One, foreword

After many of the darkest moments of your life, you read this article with regret and anger: Why didn’t you write it sooner? !

Your darkest moments include:

1. The project you are in needs to be connected to the bank, and the bank needs you to provide an encryption certificate. You have only one CET-6 certificate in hand. I’m not sure if this will meet their needs. Projects are delayed, raises go up in smoke, your mortgage is cut off, your girlfriend breaks up and you feel like your life is over because you haven’t been able to provide the right credentials.

2. You’ve been an active follower for 2 months, and you finally understand the. CRT certificate. Join a new project that is undergoing a certificate hosting transformation. Ha ha, I can do this problem, is to upload the certificate file to the hosting system. You shout at the project team members, let go of the certificates and let me do it! Squeeze in a look, it is an old project, there is no certificate, at that time use public key and private key, how public key and private key into a certificate… Because you can not provide the correct certificate, the project is postponed, the salary plan is ruined, the monthly payment is cut off, the girlfriend broke up, you feel that life is over.

3. You endured hardships for 3 months and found out the ins and outs of SSL certificates. When you join a new project, you tell the project manager your story and become an expert in safety certification. The project manager was overjoyed. It happened that the project was undergoing data security transformation, and the database needed to enable SSL. It came at the right time. The next day, half an hour before work, you slowly walk to the project manager, “the goods you want have arrived”, you will produce three certificates, this is the key file, this is the public key file, this is the certificate file. The project manager nodded and shook his head. I wanted JKS files. You said it would be provided tomorrow. The next day, half an hour before leaving work, you hand the JKS file to the project manager, who nods and shakes his head. Where is the password? How can we do without a password? Projects are delayed, raises go up in smoke, your mortgage is cut off, your girlfriend breaks up and you feel like your life is over because you haven’t been able to provide the right credentials.

This article will reveal the secrets of RSA key files in the following sections:

  • Mathematical basis of RSA algorithm
  • Six layer model of RSA secret key system
  • Using the RSA Tool
  • RSA key usage scenarios

Note: Although the key is not the same as the certificate strictly, the term key in this article covers public key, private key, certificate and other concepts unless specifically specified.

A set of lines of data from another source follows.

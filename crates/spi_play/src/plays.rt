// Plays.

ghost use Rattle.std.specs.Prelude.{◌-◌, ◌^◌, ◌<◌, ◌≤◌, vec_len, IfOk, IfErr};
ghost use Rattle.std.specs.Option.{ForSome};
ghost use Rattle.spi_play.specs.Way.{seen_of};
ghost use Rattle.spi_play.specs.Play.{start};
ghost use Rattle.spi_play.specs.Outcome.{course, EndsAt, RefusedAt, AskedTell, OnlyPlay};

use crate::cursor::place_at_first;
use crate::player::Player;
use crate::turns::{Ahead, look_ahead, turn};
use spi_replay::Pool;
use spi_run::{Event, Step};
use std::alloc::Global;
use thiserror::Error;

/// How a play ended: the first of these that holds.
#[derive(Clone, Copy)]
pub enum Ended {
    /// As many steps were taken as it may have.
    MostReached,
    /// No player may be asked.
    NoPlayers,
    /// No step is ready.
    NoneReady,
}

/// What was played: the steps and their events, in order, and how it ended.
#[derive(Drop)]
pub struct Played {
    pub steps: Vec<Step>,
    pub events: Vec<Event>,
    pub ended: Ended,
}

/// Why a play is refused. The pool stands after the steps taken so far then, players that left are gone, and players that
/// were asked stay changed.
#[derive(Debug, Drop, PartialEq, Eq, Error)]
pub enum PlayFault {
    /// The player, by its place in the list at that moment, counted from 0, picked a number that is at least the number of
    /// ready steps.
    #[error("player {player} picks {picked} of {ready} steps")]
    BadPick {
        player: usize,
        picked: u64,
        ready: u64,
    },
    /// The pool refuses the step that was picked: a message has this number of nodes, which is above 1,000. The number
    /// stops at u64's greatest value.
    #[error("a message of {nodes} nodes")]
    RunMessageTooLarge {
        nodes: u64,
    },
    /// The pool refuses the step that was picked: it would have this number of places.
    #[error("a pool of {places} places")]
    TooManyPlaces {
        places: u32,
    },
    /// Memory ran out.
    #[error("out of memory")]
    NoMemory,
}

/// Plays until `most` steps were taken, no player may be asked or no step is ready.
///
/// In each turn the player at the cursor picks one of the ready steps, which is done, or leaves the list, and is dropped.
/// The cursor goes round the list. With `only` it stays at that player, counted from 0, and no other is asked.
pub fn play<'p>(
    alloc: Global,
    pool: &mut Pool<'p>,
    players: &mut Vec<Box<dyn Player>>,
    only: Option<usize>,
    most: u32,
) -> Result<Played, PlayFault>
    requires only { ForSome only (λ place. place < vec_len players.old) }
    requires names { pool.old.configuration.names ≤ 2 ^ 32 - 1 - most }
    ensures played { IfOk result (λ played. EndsAt only most
        (start pool.old (seen_of (λ b. times b) (λ b. way b) players.old.items) only)
        (course pool.new played.steps.items played.events.items)
        (seen_of (λ b. times b) (λ b. way b) players.new.items) played.ended) }
    ensures alone { IfOk result
        (λ played. AskedTell only (seen_of (λ b. times b) (λ b. way b) players.old.items) → OnlyPlay only most
        (start pool.old (seen_of (λ b. times b) (λ b. way b) players.old.items) only)
        (course pool.new played.steps.items played.events.items).steps) }
    ensures refused { IfErr result (λ fault. RefusedAt only most
        (start pool.old (seen_of (λ b. times b) (λ b. way b) players.old.items) only)
        pool.new (seen_of (λ b. times b) (λ b. way b) players.new.items) fault) }
{
    let mut steps = Vec::new(alloc);
    let mut events = Vec::new(alloc);
    let mut next = place_at_first(only, players.len());
    loop {
        match look_ahead(pool, next, steps.len(), most) {
            Ahead::Ends(ended) => {
                return Ok(Played {
                    steps,
                    events,
                    ended,
                });
            }
            Ahead::Asks { place, ready } => {
                match turn(pool, players, &mut steps, &mut events, only, place, ready) {
                    Ok(then) => next = then,
                    Err(fault) => return Err(fault),
                }
            }
        }
    }
}
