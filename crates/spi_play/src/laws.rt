// Laws of plays.

ghost use Rattle.std.specs.Prelude.{ℕ, List, Option};
ghost use Rattle.spi_run.specs.Reduction.{Runs};
ghost use Rattle.spi_replay.specs.Stepping.{Pooled};
ghost use Rattle.spi_play.specs.Way.{Seen};
ghost use Rattle.spi_play.specs.Play.{PlayState, TurnOf, Plays, start};
ghost use Rattle.spi_play.specs.Fitting.{TurnsFit};

/// The turns of a play fit its players.
pub fn turns_fit()
    ensures { (only : Option ℕ) (most : ℕ) (pool : Pooled) (players : List Seen) (turns : List TurnOf)
        (last : PlayState) → Plays only most (start pool players only) turns last
        → TurnsFit players turns last.seats }
{}

/// The steps of a play are a run, with its events.
pub fn play_runs()
    ensures { (only : Option ℕ) (most : ℕ) (pool : Pooled) (players : List Seen) (turns : List TurnOf)
        (last : PlayState) → Plays only most (start pool players only) turns last
        → Runs pool.configuration last.course.steps last.course.events last.course.pool.configuration }
{}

Second, the mathematical basis of RSA algorithm

RSA algorithm is based on number theory, the complexity of RSA algorithm is based on a large number of prime decomposition is NP difficult, very difficult to crack. Mathematical concepts related to RSA algorithm:

For any number x, we can calculate y:

From y, x can be calculated:

In other words, after x generates y from the number pairs (m,e), y can be restored to x by the number pairs (m, d).

Here, we actually demonstrate the mathematical process of RSA encryption and decryption. According to Formula (1), the process of calculating y based on x is encryption, and the process of calculating X based on Y is decryption.

In practice, the RSA algorithm uses the public key to encrypt and the private key to decrypt. Therefore, the number pair (m,e) is the public key and (m, d) is the private key.

In fact, to improve the decryption speed of the private key, the private key stores some intermediate results, such as p, q, e, etc.

Therefore, you can use the private key to export the public key in practical applications.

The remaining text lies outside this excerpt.